TASK INSTRUCTIONS: Produce a copy of every line in the records that holds the string "Accepted".

Saved data entries
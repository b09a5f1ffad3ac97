//! What became of an order.

ghost use Rattle.std.specs.Prelude.{◌≡◌};
ghost use Rattle.pcef_gx_orders.specs.Fates.{key_fate, rule_fate, setting_fate};

use pcef_gx::{RuleFailure, failure_of};
use pcef_model::{Accepted, Refusal};

/// What became of an order.
#[derive(Clone, Copy, Debug, PartialEq, Eq)]
pub enum Fate {
    /// It was done.
    Done,
    /// The rule that it names couldn't be had.
    NoRule(RuleFailure),
    /// It names no rule, and was refused.
    Refused,
}

/// What became of an order about a rule, by the answer to its command.
pub(crate) fn rule_fate(answer: Result<Accepted, Refusal>) -> Fate
    ensures { result ≡ rule_fate answer }
{
    match answer {
        Ok(_) => Fate::Done,
        Err(refusal) => Fate::NoRule(failure_of(refusal)),
    }
}

/// What became of a subscription, or of the switching on of a key.
pub(crate) fn setting_fate(answer: Result<Accepted, Refusal>) -> Fate
    ensures { result ≡ setting_fate answer }
{
    match answer {
        Ok(_) => Fate::Done,
        Err(_) => Fate::Refused,
    }
}

/// What became of the switching off of a key, or of a report of it: a key that isn't known is off as asked, and has
/// nothing to report.
pub(crate) fn key_fate(answer: Result<Accepted, Refusal>) -> Fate
    ensures { result ≡ key_fate answer }
{
    match answer {
        Ok(_) | Err(Refusal::UnknownKey) => Fate::Done,
        Err(_) => Fate::Refused,
    }
}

SOLUTION TO THIS TASK:
use pcef_model::{Accepted, Refusal};
pub(crate) fn rule_fate(answer: Result<Accepted, Refusal>) -> Fate
pub(crate) fn setting_fate(answer: Result<Accepted, Refusal>) -> Fate
pub(crate) fn key_fate(answer: Result<Accepted, Refusal>) -> Fate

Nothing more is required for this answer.